WHAT THIS TASK INVOLVES:
Quote exactly, and only, the lines of the material below from the line with "each, by variable." through the line with "Lit) -> Option<Lit>".

SUPPLIED MATERIAL:
^^^^^^^^
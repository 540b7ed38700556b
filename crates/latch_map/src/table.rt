//! Literals that have the same value, in a table by variable.

ghost use Rattle.std.specs.Prelude.{◌≡◌, ◌≤◌, IfOk, IfSome};
ghost use Rattle.graph.specs.Circuits.{Valuation, value_of};
ghost use Rattle.latch_map.specs.Equal.{AreValues, entry as entry_of};

use crate::equality::negated_as;
use base::{Refused, filled};
use graph::{Latch, Lit};
use std::alloc::Global;

/// What the table has for a variable.
fn entry(table: &[Option<Lit>], variable: u32) -> Option<Lit>
    ensures { result ≡ entry_of table.now variable }
{
    match table.get(variable as usize) {
        Some(entry) => *entry,
        None => None,
    }
}

/// The literal that all those lead to that are equal to this one.
pub(crate) fn root(table: &[Option<Lit>], lit: Lit) -> Lit
    ensures { (w : Valuation) → AreValues w table.now → value_of w result ≡ value_of w lit }
{
    let mut root = lit;
    for _ in 0..table.len() {
        match entry(table, root.variable()) {
            Some(same) => root = negated_as(same, root),
            None => return root,
        }
    }
    root
}

/// Has the first literal lead to the second one.
fn lead(table: &mut [Option<Lit>], lit: Lit, same: Lit)
    ensures { (w : Valuation) → value_of w lit ≡ value_of w same → AreValues w table.old → AreValues w table.new }
{
    let variable = lit.variable() as usize;
    if variable < table.len() {
        table[variable] = Some(negated_as(same, lit));
    }
}

/// Joins what is equal to the first literal and what is equal to the second one. The lesser variable leads.
#[tactic(auto, using(crate::proofs::Tables::joined, crate::proofs::Tables::joined_back))]
pub(crate) fn join(table: &mut [Option<Lit>], one: Lit, other: Lit)
    ensures { (w : Valuation) → value_of w one ≡ value_of w other → AreValues w table.old → AreValues w table.new }
{
    let first = root(table, one);
    let second = root(table, other);
    if first.variable() < second.variable() {
        lead(table, second, first);
    } else if second.variable() < first.variable() {
        lead(table, first, second);
    }
}

/// Has the literal that a latch leads to lead to this latch, where it leads to none yet.
#[tactic(auto, using(crate::proofs::Tables::led))]
fn lead_back(table: &[Option<Lit>], first: &mut [Option<Lit>], latch: Lit)
    ensures { (w : Valuation) → AreValues w table.now → AreValues w first.old → AreValues w first.new }
{
    let root = root(table, latch);
    if entry(first, root.variable()).is_none() {
        lead(first, root, latch);
    }
}

/// Has the literals that these latches lead to lead to the first latch of each.
#[tactic(auto, using(crate::proofs::Tables::led_more))]
fn lead_all_back(table: &[Option<Lit>], first: &mut [Option<Lit>], latches: &[Latch])
    ensures { (w : Valuation) → AreValues w table.now → AreValues w first.old → AreValues w first.new }
{
    for latch in latches {
        lead_back(table, first, latch.lit);
    }
}

/// For the literals that these latches lead to the first latch of each, by variable.
#[tactic(auto, using(crate::proofs::Tables::first_values))]
pub(crate) fn first_latches(
    alloc: Global,
    table: &[Option<Lit>],
    latches: &[Latch],
    count: usize,
) -> Result<Vec<Option<Lit>>, Refused>
    requires { count ≤ 4194304 }
    ensures { IfOk result (λ first. (w : Valuation) → AreValues w table.now → AreValues w first.items) }
{
    let mut first = filled(alloc, None, count)?;
    lead_all_back(table, first.as_mut_slice(), latches);
    Ok(first)
}

/// The latch, or the constant, that this latch is equal to: by the first table what it leads to, and by the second one a
/// latch that leads there too.
#[tactic(auto, using(crate::proofs::Tables::root_partner))]
pub(crate) fn partner(table: &[Option<Lit>], others: &[Option<Lit>], latch: Lit) -> Option<Lit>
    ensures { (w : Valuation) → AreValues w table.now → AreValues w others.now → IfSome result (λ b. value_of w latch ≡ value_of w b) }
{
    let root = root(table, latch);
    if root.variable() == 0 {
        return Some(root);
    }
    match entry(others, root.variable()) {
        Some(other) => Some(negated_as(other, root)),
        None => None,
    }
}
^^^^^^^^
FINISHED TASK:
/// For the literals that these latches lead to the first latch of each, by variable.
#[tactic(auto, using(crate::proofs::Tables::first_values))]
pub(crate) fn first_latches(
    alloc: Global,
    table: &[Option<Lit>],
    latches: &[Latch],
    count: usize,
) -> Result<Vec<Option<Lit>>, Refused>
    requires { count ≤ 4194304 }
    ensures { IfOk result (λ first. (w : Valuation) → AreValues w table.now → AreValues w first.items) }
{
    let mut first = filled(alloc, None, count)?;
    lead_all_back(table, first.as_mut_slice(), latches);
    Ok(first)
}

/// The latch, or the constant, that this latch is equal to: by the first table what it leads to, and by the second one a
/// latch that leads there too.
#[tactic(auto, using(crate::proofs::Tables::root_partner))]
pub(crate) fn partner(table: &[Option<Lit>], others: &[Option<Lit>], latch: Lit) -> Option<Lit>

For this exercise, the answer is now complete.